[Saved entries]
====
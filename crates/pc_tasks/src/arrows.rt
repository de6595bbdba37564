//! The plan of arrows that is generated from a deck of tasks, or the first fault of the tasks.
ghost use Rattle.std.specs.Prelude.{◌≡◌, IfOk, IfErr};
ghost use Rattle.pc_faults.specs.inside.First.{Refuses};
ghost use Rattle.pc_tasks.specs.Drawn.{arrows_deck};
ghost use Rattle.pc_tasks.specs.Lists.{afters_in};
ghost use Rattle.pc_tasks.specs.Refusal.{HasSoundTasks, IsTasksRefusedWith};
ghost use Rattle.pc_tasks.specs.Text.{IsDrawnProject};
ghost use Rattle.pc_tasks.specs.inside.Text.{IsArrowsText};
ghost use Rattle.pc_cards.specs.declared.sort.Sort.TheVariants.{Tasks};
ghost use Rattle.pc_deck.specs.Within.{IsWithin};

use crate::draw::{acts_of, events_of, items_of};
use crate::laws::drawn_deck_keeps_least_costs;
use crate::phases::sound_rows;
use pc_deck::{Cards, TaskCards};
use pc_faults::DeckError;
use pc_project::{AfterRow, Project, deck_text_of, project_of};
use std::alloc::{AllocError, Global};

/// Generates the plan of the tasks and makes its project.
///
/// Linear in the cards.
///
/// # Errors
/// The first fault of the first phase that has one, or out of memory. The phases are: the cards one by one (F14 to F19,
/// F41), the tree of the items (F20 to F23), a top without an item below it (F37), no task (F39), tasks that wait for
/// each other in a circle (F38), and the generated plan (F28 to F31, F33 to F36).
pub fn drawn_project(alloc: Global, cards: &TaskCards) -> Result<Project, DeckError>
    ensures project { IfOk result (IsDrawnProject cards.now) }
    ensures refused { IfErr result (Refuses (IsTasksRefusedWith cards.now)) }
{
    let afters = sound_rows(alloc, cards)?;
    let plan = drawn_of(alloc, cards, &afters)?;
    drawn_deck_keeps_least_costs();
    let project = project_of(alloc, plan)?;
    Ok(project)
}

/// Returns the text of the generated plan, in canonical form.
///
/// # Errors
/// As [`drawn_project`].
pub fn arrows_of(alloc: Global, cards: &TaskCards) -> Result<Vec<u8>, DeckError>
    ensures text { IfOk result (λ text. IsArrowsText cards.now text.items) }
    ensures refused { IfErr result (Refuses (IsTasksRefusedWith cards.now)) }
{
    let project = drawn_project(alloc, cards)?;
    Ok(deck_text_of(alloc, &project)?)
}

/// Returns the plan generated from tasks without a fault.
fn drawn_of(alloc: Global, cards: &TaskCards, afters: &[AfterRow]) -> Result<Cards, AllocError>
    requires sound { HasSoundTasks cards.now }
    requires afters { afters.now ≡ afters_in cards.now }
    ensures drawn { IfOk result (λ plan. plan ≡ arrows_deck cards.now) }
    ensures within { IsWithin Tasks cards.now }
{
    cards.facts();
    let items = items_of(alloc, cards)?;
    let events = events_of(alloc, cards)?;
    let acts = acts_of(alloc, cards, afters)?;
    Cards::build_drawn(alloc, cards, &items, &events, &acts)
}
====
▶ About this exercise
Please output the entries above, every line exactly as it reads.

▶ Answer to this problem
filename crates/pc_tasks/src/arrows.rt
repository de6595bbdba37564
//! The plan of arrows that is generated from a deck of tasks, or the first fault of the tasks.
ghost use Rattle.std.specs.Prelude.{◌≡◌, IfOk, IfErr};
ghost use Rattle.pc_faults.specs.inside.First.{Refuses};
ghost use Rattle.pc_tasks.specs.Drawn.{arrows_deck};
ghost use Rattle.pc_tasks.specs.Lists.{afters_in};
ghost use Rattle.pc_tasks.specs.Refusal.{HasSoundTasks, IsTasksRefusedWith};
ghost use Rattle.pc_tasks.specs.Text.{IsDrawnProject};
ghost use Rattle.pc_tasks.specs.inside.Text.{IsArrowsText};
ghost use Rattle.pc_cards.specs.declared.sort.Sort.TheVariants.{Tasks};
ghost use Rattle.pc_deck.specs.Within.{IsWithin};

use crate::draw::{acts_of, events_of, items_of};
use crate::laws::drawn_deck_keeps_least_costs;
use crate::phases::sound_rows;
use pc_deck::{Cards, TaskCards};
use pc_faults::DeckError;
use pc_project::{AfterRow, Project, deck_text_of, project_of};
use std::alloc::{AllocError, Global};

/// Generates the plan of the tasks and makes its project.
///
/// Linear in the cards.
///
/// # Errors
/// The first fault of the first phase that has one, or out of memory. The phases are: the cards one by one (F14 to F19,
/// F41), the tree of the items (F20 to F23), a top without an item below it (F37), no task (F39), tasks that wait for
/// each other in a circle (F38), and the generated plan (F28 to F31, F33 to F36).
pub fn drawn_project(alloc: Global, cards: &TaskCards) -> Result<Project, DeckError>
    ensures project { IfOk result (IsDrawnProject cards.now) }
    ensures refused { IfErr result (Refuses (IsTasksRefusedWith cards.now)) }
{
    let afters = sound_rows(alloc, cards)?;
    let plan = drawn_of(alloc, cards, &afters)?;
    drawn_deck_keeps_least_costs();
    let project = project_of(alloc, plan)?;
    Ok(project)
}

/// Returns the text of the generated plan, in canonical form.
///
/// # Errors
/// As [`drawn_project`].
pub fn arrows_of(alloc: Global, cards: &TaskCards) -> Result<Vec<u8>, DeckError>
    ensures text { IfOk result (λ text. IsArrowsText cards.now text.items) }
    ensures refused { IfErr result (Refuses (IsTasksRefusedWith cards.now)) }
{
    let project = drawn_project(alloc, cards)?;
    Ok(deck_text_of(alloc, &project)?)
}

/// Returns the plan generated from tasks without a fault.
fn drawn_of(alloc: Global, cards: &TaskCards, afters: &[AfterRow]) -> Result<Cards, AllocError>
    requires sound { HasSoundTasks cards.now }
    requires afters { afters.now ≡ afters_in cards.now }
    ensures drawn { IfOk result (λ plan. plan ≡ arrows_deck cards.now) }
    ensures within { IsWithin Tasks cards.now }
{
    cards.facts();
    let items = items_of(alloc, cards)?;
    let events = events_of(alloc, cards)?;
    let acts = acts_of(alloc, cards, afters)?;
    Cards::build_drawn(alloc, cards, &items, &events, &acts)
}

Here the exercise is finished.